DATASET ENTRIES:
--- START ---

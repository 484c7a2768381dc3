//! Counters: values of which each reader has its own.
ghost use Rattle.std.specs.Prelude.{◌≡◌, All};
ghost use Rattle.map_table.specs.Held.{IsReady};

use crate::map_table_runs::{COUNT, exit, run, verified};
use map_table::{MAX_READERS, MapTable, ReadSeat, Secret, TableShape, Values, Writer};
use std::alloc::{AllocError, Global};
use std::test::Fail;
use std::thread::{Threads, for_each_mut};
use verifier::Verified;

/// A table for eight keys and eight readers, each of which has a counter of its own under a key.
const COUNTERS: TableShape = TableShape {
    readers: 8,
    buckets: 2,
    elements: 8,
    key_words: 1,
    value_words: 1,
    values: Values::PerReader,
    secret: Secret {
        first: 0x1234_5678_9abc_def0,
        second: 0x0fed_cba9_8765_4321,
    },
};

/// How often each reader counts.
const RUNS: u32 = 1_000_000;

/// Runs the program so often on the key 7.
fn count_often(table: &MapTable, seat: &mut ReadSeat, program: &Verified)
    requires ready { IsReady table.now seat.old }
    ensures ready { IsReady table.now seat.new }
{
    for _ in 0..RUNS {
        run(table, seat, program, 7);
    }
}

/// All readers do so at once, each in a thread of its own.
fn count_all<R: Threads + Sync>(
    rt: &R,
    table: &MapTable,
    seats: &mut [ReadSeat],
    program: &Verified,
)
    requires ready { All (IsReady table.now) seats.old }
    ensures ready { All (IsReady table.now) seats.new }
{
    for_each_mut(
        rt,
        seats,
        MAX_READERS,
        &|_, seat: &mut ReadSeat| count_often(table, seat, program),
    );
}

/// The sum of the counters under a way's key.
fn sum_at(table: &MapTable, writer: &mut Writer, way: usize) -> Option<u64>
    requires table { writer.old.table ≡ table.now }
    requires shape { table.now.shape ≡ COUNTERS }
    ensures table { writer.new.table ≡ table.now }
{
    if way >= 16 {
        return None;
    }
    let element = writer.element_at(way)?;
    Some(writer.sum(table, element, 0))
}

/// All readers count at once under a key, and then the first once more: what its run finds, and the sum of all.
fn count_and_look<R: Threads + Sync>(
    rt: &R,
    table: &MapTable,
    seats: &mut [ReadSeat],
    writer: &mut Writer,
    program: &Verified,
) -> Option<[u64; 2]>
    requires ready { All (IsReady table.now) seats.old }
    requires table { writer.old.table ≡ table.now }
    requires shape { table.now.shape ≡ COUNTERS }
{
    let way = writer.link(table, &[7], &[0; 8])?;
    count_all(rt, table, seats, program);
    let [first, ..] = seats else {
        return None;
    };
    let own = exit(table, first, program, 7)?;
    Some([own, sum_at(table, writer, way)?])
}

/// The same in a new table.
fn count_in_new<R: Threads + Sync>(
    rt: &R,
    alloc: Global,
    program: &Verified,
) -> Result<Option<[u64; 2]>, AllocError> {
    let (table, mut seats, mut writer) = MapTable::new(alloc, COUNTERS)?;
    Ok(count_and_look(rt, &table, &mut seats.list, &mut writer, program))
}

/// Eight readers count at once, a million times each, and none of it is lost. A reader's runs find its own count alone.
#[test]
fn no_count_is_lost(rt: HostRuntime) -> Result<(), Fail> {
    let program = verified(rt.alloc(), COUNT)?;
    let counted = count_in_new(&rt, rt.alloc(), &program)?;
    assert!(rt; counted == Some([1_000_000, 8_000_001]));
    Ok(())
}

--- END ---
--- START ---

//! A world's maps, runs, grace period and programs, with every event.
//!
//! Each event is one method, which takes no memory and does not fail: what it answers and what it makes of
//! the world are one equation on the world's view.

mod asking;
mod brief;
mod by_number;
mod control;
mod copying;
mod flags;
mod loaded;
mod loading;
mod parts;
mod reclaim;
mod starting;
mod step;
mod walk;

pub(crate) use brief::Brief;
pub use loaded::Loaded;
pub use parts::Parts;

--- END ---
--- START ---

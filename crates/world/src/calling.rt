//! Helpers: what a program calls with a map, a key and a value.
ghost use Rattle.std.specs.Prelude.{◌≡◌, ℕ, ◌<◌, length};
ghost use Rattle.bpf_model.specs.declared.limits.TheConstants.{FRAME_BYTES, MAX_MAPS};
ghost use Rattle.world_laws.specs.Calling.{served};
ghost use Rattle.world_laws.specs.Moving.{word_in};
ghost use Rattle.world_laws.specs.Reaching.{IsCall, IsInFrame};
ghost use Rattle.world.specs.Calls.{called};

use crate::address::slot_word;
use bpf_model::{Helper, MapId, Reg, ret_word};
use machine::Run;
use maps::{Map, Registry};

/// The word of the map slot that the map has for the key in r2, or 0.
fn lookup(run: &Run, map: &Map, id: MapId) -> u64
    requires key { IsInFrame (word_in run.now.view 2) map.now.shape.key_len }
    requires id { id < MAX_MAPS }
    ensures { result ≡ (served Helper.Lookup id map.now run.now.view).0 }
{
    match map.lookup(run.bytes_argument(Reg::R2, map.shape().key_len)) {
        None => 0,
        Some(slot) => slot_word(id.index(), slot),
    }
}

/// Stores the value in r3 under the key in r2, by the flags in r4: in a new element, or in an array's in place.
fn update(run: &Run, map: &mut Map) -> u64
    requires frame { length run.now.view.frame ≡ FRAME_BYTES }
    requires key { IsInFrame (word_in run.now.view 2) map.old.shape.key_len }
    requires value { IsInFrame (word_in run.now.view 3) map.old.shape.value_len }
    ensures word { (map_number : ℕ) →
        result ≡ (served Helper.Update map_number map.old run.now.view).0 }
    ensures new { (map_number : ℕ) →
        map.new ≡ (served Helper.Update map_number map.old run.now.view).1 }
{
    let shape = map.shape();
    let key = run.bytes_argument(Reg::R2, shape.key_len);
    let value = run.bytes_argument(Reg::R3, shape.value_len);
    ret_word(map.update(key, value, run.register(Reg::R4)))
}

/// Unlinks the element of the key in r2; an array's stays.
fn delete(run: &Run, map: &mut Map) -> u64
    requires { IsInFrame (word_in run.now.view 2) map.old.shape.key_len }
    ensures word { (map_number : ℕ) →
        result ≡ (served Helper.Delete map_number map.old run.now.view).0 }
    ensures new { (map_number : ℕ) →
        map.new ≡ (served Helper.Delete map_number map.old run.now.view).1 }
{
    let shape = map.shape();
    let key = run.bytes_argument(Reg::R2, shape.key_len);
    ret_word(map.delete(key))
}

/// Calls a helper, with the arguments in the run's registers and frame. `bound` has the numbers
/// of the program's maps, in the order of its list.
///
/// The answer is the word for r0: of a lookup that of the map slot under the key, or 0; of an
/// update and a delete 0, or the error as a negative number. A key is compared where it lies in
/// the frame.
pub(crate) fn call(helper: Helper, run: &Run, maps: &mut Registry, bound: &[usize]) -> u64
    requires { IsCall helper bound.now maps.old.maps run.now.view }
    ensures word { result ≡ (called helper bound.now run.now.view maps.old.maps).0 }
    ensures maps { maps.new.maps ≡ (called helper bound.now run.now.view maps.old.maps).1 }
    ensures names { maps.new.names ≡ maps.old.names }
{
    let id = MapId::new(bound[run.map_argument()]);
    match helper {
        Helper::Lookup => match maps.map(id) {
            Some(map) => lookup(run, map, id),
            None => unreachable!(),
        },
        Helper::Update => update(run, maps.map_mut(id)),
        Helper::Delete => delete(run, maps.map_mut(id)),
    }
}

--- END ---

WORK REQUEST:
Taking the entries above, print exactly the lines starting at the line with "result ≡ (served Helper.Update" and ending at the line with "result ≡ (called", both included.

FINAL ANSWER:
        result ≡ (served Helper.Update map_number map.old run.now.view).0 }
    ensures new { (map_number : ℕ) →
        map.new ≡ (served Helper.Update map_number map.old run.now.view).1 }
{
    let shape = map.shape();
    let key = run.bytes_argument(Reg::R2, shape.key_len);
    let value = run.bytes_argument(Reg::R3, shape.value_len);
    ret_word(map.update(key, value, run.register(Reg::R4)))
}

/// Unlinks the element of the key in r2; an array's stays.
fn delete(run: &Run, map: &mut Map) -> u64
    requires { IsInFrame (word_in run.now.view 2) map.old.shape.key_len }
    ensures word { (map_number : ℕ) →
        result ≡ (served Helper.Delete map_number map.old run.now.view).0 }
    ensures new { (map_number : ℕ) →
        map.new ≡ (served Helper.Delete map_number map.old run.now.view).1 }
{
    let shape = map.shape();
    let key = run.bytes_argument(Reg::R2, shape.key_len);
    ret_word(map.delete(key))
}

/// Calls a helper, with the arguments in the run's registers and frame. `bound` has the numbers
/// of the program's maps, in the order of its list.
///
/// The answer is the word for r0: of a lookup that of the map slot under the key, or 0; of an
/// update and a delete 0, or the error as a negative number. A key is compared where it lies in
/// the frame.
pub(crate) fn call(helper: Helper, run: &Run, maps: &mut Registry, bound: &[usize]) -> u64
    requires { IsCall helper bound.now maps.old.maps run.now.view }
    ensures word { result ≡ (called helper bound.now run.now.view maps.old.maps).0 }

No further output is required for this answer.